CompuMed Announces Redemption Notice for Class A and Class B Preferred Stock

LOS ANGELES, CA / ACCESSWIRE / April 12, 2018 / CompuMed, Inc. CMPD, a leader in providing diagnostic telemedicine, announced today that it is redeeming the 8,400 outstanding shares of its Class A $3.50 Cumulative Convertible Preferred Stock and the 300 outstanding shares of its Class B $3.50 Convertible Preferred Stock.

The Company today mailed redemption notices to holders of record of each of these two classes of preferred stock. If holders of record transferred shares to other persons without notice to the Company, the Company requests that both the transferor and the transferee contact the Company as soon as possible. All holders (whether of record or otherwise) will be required to provide either the original stock certificate or an affidavit of loss or damage to same to receive redemption payments.

The effective date of redemption is May 15, 2018.

Series A Preferred Shares

The redemption rights of the Company are set forth in the Certificate of Designation of the Class A $3.50 Cumulative Convertible Preferred Stock dated August 10, 1992. The redemption price, as set forth in the Certificate of Designations, is $3.85 per share.

CompuMed paid dividends on the Class A shares through 2011. Class A stockholders are entitled to annual dividends of $0.35 per share thereafter. Since dividends are payable quarterly, dividends for seven and one quarter years have accumulated but not yet been paid. Each Series A share is therefore entitled to a dividend payment of $2.54, or 7.25 times $0.35.

Each Class A share is being redeemed for $6.39, or the sum of the redemption price of $3.85 and $2.54 for accumulated but unpaid dividends.

Class A shares are convertible into common stock. The Certificate of Designations provides that each Class A share is convertible into 5 commons shares. However, this figure was reduced to 0.50 common shares effective October 7, 1994 as the result of a ten for one reverse stock split. Given the current share price, such a conversion would not make sense and the Company does not anticipate that anyone will ask to convert.

The Company anticipates paying $53,676 for the 8,400 outstanding shares of Class A $3.50 Cumulative Convertible Preferred Stock.
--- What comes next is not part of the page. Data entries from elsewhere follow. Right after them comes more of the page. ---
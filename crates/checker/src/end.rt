// The end of a reading: refusals 1 to 8 and 10, then 15, 18, 19 and 15 by the status, and 17; an accepted model becomes its schedule.
ghost use Rattle.std.specs.Prelude.{◌≡◌, ◌&&◌, ◌≤◌, leb};
ghost use Rattle.rules.specs.Answers.{judge};
ghost use Rattle.rules.specs.Numbering.{N};
ghost use Rattle.rules.specs.Lines.{rows_fit};
ghost use Rattle.rules.specs.Output.{ending, model_rules};
ghost use Rattle.rules.specs.Calls.{end_verdict, end_entries};
ghost use Rattle.checker.specs.End.{lent, end_with};
ghost use Rattle.task.specs.Asked.{problem_asked, file_asked};

use crate::schedule::write_schedule;
use crate::search::{all_clauses, lowest_unmet};
use rows::words_for;
use rules::{Phase, Reading, Refusal};
use task::filling::fill_index;
use task::index::INDEX_LENGTH;
use task::indexed::{Asked, IndexedFile};
use task::problem::{count_variables, problem_verdict};

// What the status alone decides.
fn status_verdict(phase: Phase) -> Result<(), Refusal>
    ensures { result ≡ ending phase }
{
    match phase {
        Phase::NoStatus => Err(Refusal::Unfinished),
        Phase::SaidUnsatisfiable => Err(Refusal::Unsatisfiable),
        Phase::SaidUnknown => Err(Refusal::Unknown),
        Phase::ModelOpen => Err(Refusal::Unfinished),
        Phase::ModelClosed => Ok(()),
    }
}

// Refusal 17.
fn model_verdict(asked: &Asked, given: &[u64], truth: &[u64]) -> Result<(), Refusal>
    ensures { result ≡ judge (model_rules (problem_asked asked.now) (lent given.now truth.now)) }
{
    let lowest = lowest_unmet(asked, given, truth);
    if lowest < all_clauses(asked) {
        return Err(Refusal::UnmetClause(lowest));
    }
    Ok(())
}

// There is room for the rows and the entries.
#[tactic(auto, unfolding(rules::specs::Lines::rows_fit))]
fn room_fits(asked: &Asked, given: &[u64], truth: &[u64], room: usize) -> bool
    ensures { result ≡ (rows_fit (N (problem_asked asked.now)) (lent given.now truth.now) && leb asked.now.horizon room) }
{
    let words = words_for(count_variables(asked));
    words <= given.len() && words <= truth.len() && asked.horizon <= room
}

// All refusals that follow an accepted file and horizon, in their order.
fn end_verdict(
    asked: &Asked,
    phase: Phase,
    given: &[u64],
    truth: &[u64],
    room: usize,
) -> Result<(), Refusal>
    ensures { result ≡ end_with (file_asked asked.now) asked.now.horizon phase (lent given.now truth.now) room }
{
    if !room_fits(asked, given, truth, room) {
        return Err(Refusal::Room);
    }
    status_verdict(phase)?;
    model_verdict(asked, given, truth)
}

// The end of a reading: the verdict, and in the first entries the schedule that an accepted model states.
pub fn finish(
    file: &[u8],
    horizon: usize,
    reading: Reading,
    given: &[u64],
    truth: &[u64],
    entries: &mut [u32],
) -> Result<(), Refusal>
    ensures value { result ≡ end_verdict file.now horizon reading.phase (lent given.now truth.now) entries.old }
    ensures entries_after { entries.new ≡ end_entries file.now horizon reading.phase (lent given.now truth.now) entries.old }
{
    problem_verdict(file, horizon)?;
    let mut index = [0u16; INDEX_LENGTH];
    fill_index(file, &mut index);
    let phase = reading.phase;
    let task = IndexedFile {
        file,
        index: &index,
    };
    let asked = Asked { task, horizon };
    end_verdict(&asked, phase, given, truth, entries.len())?;
    write_schedule(&asked, given, truth, entries);
    Ok(())
}
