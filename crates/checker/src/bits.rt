// What both rows of a model say of a step.
ghost use Rattle.std.specs.Prelude.{◌≡◌, ◌<◌, ◌≤◌};
ghost use Rattle.rules.specs.Limits.{max_horizon};
ghost use Rattle.rules.specs.Task.{n, d, A as actionCount};
ghost use Rattle.rules.specs.Numbering.{value_number, action_number};
ghost use Rattle.task.specs.Numbers.{at_any_horizon};
ghost use Rattle.rows.specs.Lent.{lent};
ghost use Rattle.checker.specs.Order.{holds_at, acts_at};
ghost use Rattle.task.specs.Asked.{task_in, file_in};

use rows::counts_true;
use task::indexed::IndexedFile;
use task::numbering::{
    ValuePlace, action_number, nth_action, number_of, value_number, value_place,
};

// What a variable that is not named counts as in a positive literal and in a negative one, so that neither is true.
pub const UNNAMED_IN_POSITIVE: bool = false;

pub const UNNAMED_IN_NEGATIVE: bool = true;

// A variable counts as having a value at a step.
#[tactic(auto, unfolding(crate::specs::Order::holds_at))]
pub fn pair_holds(
    task: &IndexedFile,
    given: &[u64],
    truth: &[u64],
    unnamed: bool,
    step: usize,
    place: ValuePlace,
) -> bool
    requires { (step ≤ max_horizon) × (place.0 < n (task_in task.now)) × (place.1 < d (task_in task.now) place.0) }
    ensures { result ≡ holds_at unnamed (file_in task.now) (lent given.now truth.now) step place.0 place.1 }
{
    let number = number_of(value_number(task, step, place));
    counts_true(given, truth, unnamed, number)
}

// The same of a variable and one of its values.
pub fn value_holds(
    task: &IndexedFile,
    given: &[u64],
    truth: &[u64],
    unnamed: bool,
    step: usize,
    x: usize,
    v: usize,
) -> bool
    requires { (step ≤ max_horizon) × (x < n (task_in task.now)) × (v < d (task_in task.now) x) }
    ensures { result ≡ holds_at unnamed (file_in task.now) (lent given.now truth.now) step x v }
{
    pair_holds(task, given, truth, unnamed, step, value_place(x, v))
}

// An action counts as true at a step.
#[tactic(auto, unfolding(crate::specs::Order::acts_at))]
pub fn acts(
    task: &IndexedFile,
    given: &[u64],
    truth: &[u64],
    unnamed: bool,
    step: usize,
    a: usize,
) -> bool
    requires { (step ≤ max_horizon) × (a < actionCount (task_in task.now)) }
    ensures { result ≡ acts_at unnamed (file_in task.now) (lent given.now truth.now) step a }
{
    let number = number_of(action_number(task, step, nth_action(a)));
    counts_true(given, truth, unnamed, number)
}

// The number of a variable's first value at a step.
pub fn first_value(task: &IndexedFile, step: usize, x: usize) -> usize
    requires { (step ≤ max_horizon) × (x < n (task_in task.now)) }
    ensures { result ≡ value_number (at_any_horizon (file_in task.now)) step x 0 }
{
    number_of(value_number(task, step, value_place(x, 0)))
}

// The number of the first action at a step.
pub fn first_action(task: &IndexedFile, step: usize) -> usize
    requires { (step ≤ max_horizon) × (0 < actionCount (task_in task.now)) }
    ensures { result ≡ action_number (at_any_horizon (file_in task.now)) step 0 }
{
    number_of(action_number(task, step, nth_action(0)))
}
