// How many steps, items and clauses a family has.
ghost use Rattle.std.specs.Prelude.{◌≡◌, ◌<◌, ◌≤◌};
ghost use Rattle.rules.specs.Limits.{max_horizon};
ghost use Rattle.task.specs.Families.{number_of_family};
ghost use Rattle.checker.specs.Order.{steps_of, items_of, clauses_of, step_clauses};
ghost use Rattle.task.specs.Asked.{task_in};

use crate::action_pairs::{ActionPairs, pair_count};
use pairs::pairs_below;
use task::asked::{goals, size, variables};
use task::family::Family;
use task::index::{actions, effects_before, preconditions_before, value_pairs_before, values};
use task::indexed::IndexedFile;

// How many steps a family speaks of.
#[tactic(auto, unfolding(crate::specs::Order::steps_of))]
pub fn steps_of(horizon: usize, family: Family) -> usize
    requires { horizon ≤ max_horizon }
    ensures { result ≡ steps_of horizon (number_of_family family) }
{
    match family {
        Family::StartValues | Family::GoalPairs => 1,
        Family::AllValues | Family::TwoValues => horizon + 1,
        Family::Preconditions | Family::Effects | Family::ValuesStay | Family::TwoActions =>
            horizon,
    }
}

// How many items it has at each step.
#[tactic(auto, unfolding(crate::specs::Order::items_of))]
pub fn items_of(task: &IndexedFile, family: Family) -> usize
    ensures { result ≡ items_of (task_in task.now) (number_of_family family) }
{
    match family {
        Family::StartValues | Family::AllValues | Family::TwoValues | Family::ValuesStay => {
            variables(task.file)
        }
        Family::GoalPairs => goals(task.file),
        Family::Preconditions | Family::Effects => actions(task),
        Family::TwoActions => 1,
    }
}

// How many clauses an item has.
#[tactic(auto, unfolding(crate::specs::Order::clauses_of, crate::specs::Order::items_of))]
pub fn clauses_of(task: &IndexedFile, family: Family, i: usize) -> usize
    requires { i < items_of (task_in task.now) (number_of_family family) }
    ensures { result ≡ clauses_of (task_in task.now) (number_of_family family) i }
{
    match family {
        Family::StartValues | Family::GoalPairs | Family::AllValues => 1,
        Family::TwoValues => pairs_below(size(task.file, i)),
        Family::Preconditions => pair_count(task, ActionPairs::Preconditions, i),
        Family::Effects => pair_count(task, ActionPairs::Effects, i),
        Family::ValuesStay => size(task.file, i),
        Family::TwoActions => pairs_below(actions(task)),
    }
}

// How many clauses a step has.
pub fn step_clauses(task: &IndexedFile, family: Family) -> usize
    ensures { result ≡ step_clauses (task_in task.now) (number_of_family family) }
{
    match family {
        Family::StartValues | Family::AllValues => variables(task.file),
        Family::GoalPairs => goals(task.file),
        Family::TwoValues => value_pairs_before(task, variables(task.file)),
        Family::Preconditions => preconditions_before(task, actions(task)),
        Family::Effects => effects_before(task, actions(task)),
        Family::ValuesStay => values(task),
        Family::TwoActions => pairs_below(actions(task)),
    }
}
Series B Preferred Shares:

The redemption rights of the Company are set forth in the Certificate of Designation of the Class B $3.50 Convertible Preferred Stock dated October 17, 1994. The redemption price, as set forth in the Certificate of Designations, is $3.85 per share.

Class B shares do not accrue cumulative dividends and no dividend payments are in arrears.

Class B shares are convertible into common stock. The Certificate of Designations provides that each Class B share is convertible into 10 commons shares. At the current share price of around 11 cents per share, such a conversion would not make sense and the Company does not anticipate that anyone will ask to convert.

The Company anticipates paying $1,155 for the 300 outstanding shares of Class B $3.50 Convertible Preferred Stock.

About CompuMed, Inc.

CompuMed, Inc. CMPD Diagnostic Telemedicine services provide patients with the highest level of clinical care at reduced costs. Its telecardiology and teleradiology offerings provide real-time access to U.S. Board-Certified specialists through cloud-based technology and integrated medical devices to medical facilities anywhere in the world. The company has been in business over 26 years and services over 1,000 clinical settings. CompuMed is headquartered in Los Angeles, CA. For inquires, contact Investor Relations 310-258-5000 or www.compumedinc.com.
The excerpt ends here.